I'm against dragnet surveillance and all, but comments that are clearly
predatory is a red enough flag that even I start to think it warranted to
escalate step by step, and continue depending on what is found in each step.

Of course, this entirely depends on whether the comments are "oh look at that
sweetie, probably has a nice puss" or just "oh look at that sweetie"
interpreted the wrong way. I'm on the second page of HN comments and read
three linked articles about it, and nobody mentioned what it's all about other
than "predatory comments on videos involving minors".

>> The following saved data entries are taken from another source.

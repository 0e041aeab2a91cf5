// Resolving a connection to its port and target, and the rules that apply there.
ghost use Rattle.std.specs.Prelude.{◌≡◌, ℕ, option_map, IfOk, IfErr, IfSome, Some};
ghost use Rattle.std.specs.FinMap.{get};
ghost use Rattle.hv_partition.specs.Partition.{PartitionState};
ghost use Rattle.hv_policy.specs.Flat.{Flat};
ghost use Rattle.hv_policy.specs.Met.{has_message_room as has_message_room_of};
ghost use Rattle.hv_policy.specs.Rules.{first_unmet};
ghost use Rattle.hv_admit.specs.Served.{TreeInvariant};
ghost use Rattle.hv_admit.specs.Tie.{Refines, conn_row_of, port_row_of};
ghost use Rattle.hv_tree.specs.Rows.{Rows, content};
ghost use Rattle.hv_messages.specs.ResolvedPort.{IsReached, aim_row, reach_asks, taker_of};

use hv_admit::{Partitions, has_target};
use hv_defs::{Aim, MAX_MESSAGES, PortKind};
use hv_partition::Partition;
use hv_policy::Rule;
use hv_ports::{Conn, Port};
use std::alloc::Allocator;

/// A resolved connection: the connection itself, and the port with the id that it keeps.
#[derive(Clone, Copy)]
pub struct ResolvedPort {
    pub conn: Conn,
    pub port: Port,
}

/// Where a message or an event flag through a connection goes.
#[derive(Clone, Copy)]
pub struct Aimed {
    /// The connection, and the port with the id that it keeps.
    pub to: ResolvedPort,
    /// The processor that takes it, by its index in the port's partition.
    pub vp: u32,
}

// Checks P16, P17 and P19 for a post or a signal, and returns the caller's connection, its port and the
// port's partition. The error is the first of these rules that fails. The checks on the port's partition
// use the partition that the lookup found.
pub fn resolve_connection<'t, A: Allocator>(
    tree: &'t Partitions<A>,
    caller: &Partition<A>,
    connection: u32,
) -> Result<(ResolvedPort, &'t Partition<A>), Rule>
    ensures reached { IfOk result (λ found. (f : Flat) (by : ℕ) → content tree.now by ≡ Some caller.now
        → Refines tree.now f → IsReached f (by, connection) found.0.conn found.0.port) }
    ensures home { IfOk result (λ found. content tree.now found.0.conn.part ≡ Some found.1.now) }
    ensures first { IfErr result (λ rule. (f : Flat) (by : ℕ) → content tree.now by ≡ Some caller.now
        → Refines tree.now f → first_unmet (reach_asks f (by, connection)) ≡ Some rule) }
{
    let Some(conn) = conn_of(caller, connection) else {
        return Err(Rule::Connection);
    };
    let Some((port, home)) = port_of(tree, conn.part, conn.port) else {
        return Err(Rule::Port);
    };
    if port.born != conn.born {
        return Err(Rule::Port);
    }
    if !has_target(home, port.vp) {
        return Err(Rule::VpExists);
    }
    Ok((ResolvedPort { conn, port }, home))
}

// A partition's connection with this id, if it has one.
fn conn_of<A: Allocator>(partition: &Partition<A>, connection: u32) -> Option<Conn>
    ensures { (f : Flat) (rows : Rows PartitionState) (id : ℕ) → content rows id ≡ Some partition.now
        → Refines rows f → option_map conn_row_of result ≡ get f.conn (id, connection) }
{
    match partition.conn(connection) {
        None => None,
        Some(conn) => Some(conn),
    }
}

// A partition's port with this id, if it has one, together with the partition.
fn port_of<'t, A: Allocator>(
    tree: &'t Partitions<A>,
    id: u64,
    port: u32,
) -> Option<(Port, &'t Partition<A>)>
    ensures port { (f : Flat) → Refines tree.now f → option_map (λ found. port_row_of found.0) result
        ≡ get f.port (id, port) }
    ensures home { IfSome result (λ found. content tree.now id ≡ Some found.1.now) }
{
    let Some(partition) = tree.get(id) else {
        return None;
    };
    match partition.port(port) {
        None => None,
        Some(port) => Some((port, partition)),
    }
}

// P22: the processor of the port's partition to which a port of this kind delivers, if there is one: the one
// at which the port aims, if it is ready, or for `Aim::Any` the lowest that is ready.
#[tactic(auto, using(crate::proofs::Outcomes::taker_any))]
pub fn select_vp<A: Allocator>(
    home: &Partition<A>,
    aimed: ResolvedPort,
    kind: PortKind,
) -> Option<u32>
    ensures { (f : Flat) (rows : Rows PartitionState) → content rows aimed.conn.part ≡ Some home.now
        → Refines rows f → result ≡ taker_of kind f (aim_row aimed.conn aimed.port) }
{
    match aimed.port.vp {
        Aim::One(index) => {
            let Some(vp) = home.vp(index) else {
                return None;
            };
            if vp.is_ready(kind) { Some(index) } else { None }
        }
        Aim::Any => home.lowest_ready_vp(kind),
    }
}

// P23: whether fewer than `MAX_MESSAGES` messages of the port and its birth are kept. They are at the
// processor at which the port aims, or for `Aim::Any` at any processors of its partition.
pub fn has_message_room<A: Allocator>(home: &Partition<A>, aimed: ResolvedPort) -> bool
    ensures { (f : Flat) (rows : Rows PartitionState) (caller connection : ℕ)
        → content rows aimed.conn.part ≡ Some home.now → TreeInvariant rows
        → ((f : Flat) → Refines rows f → IsReached f (caller, connection) aimed.conn aimed.port)
        → Refines rows f → result ≡ has_message_room_of f (aim_row aimed.conn aimed.port) }
{
    let most = MAX_MESSAGES as usize;
    match aimed.port.vp {
        Aim::One(index) => match home.vp(index) {
            None => false,
            Some(vp) => vp.of_port(aimed.conn.port, aimed.conn.born) < most,
        },
        Aim::Any => home.keep_fewer(aimed.conn.port, aimed.conn.born, most),
    }
}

Edit: As expected, Dutch news coverage is more explicit than prudish American.
Example comment is: "$time $camel_emoji toe... Then again at $time". Another
example: "Hi honey baby where r u from??". Last example is just "Love you"
with a bunch of emojis like hearts and presents. Another website mentions the
kids were called "godess" or "barbie". This sounds like it would be
extraordinarily easy to just build a blacklist of words that trigger new
comments to land in a moderation queue (processed either by youtube itself or
by the video owner)... not sure what the difficulty is exactly. It seems
harder to detect kids in videos than to build a blacklist of these comments,
except that the former can be automated and the latter is ongoing moderation
(probably too simple for Google: "if you can't automate it, it can never
scale, so it can never be a solution").

------
post_break
I'd like them to take a look at predatory selling of merchandise to children
next.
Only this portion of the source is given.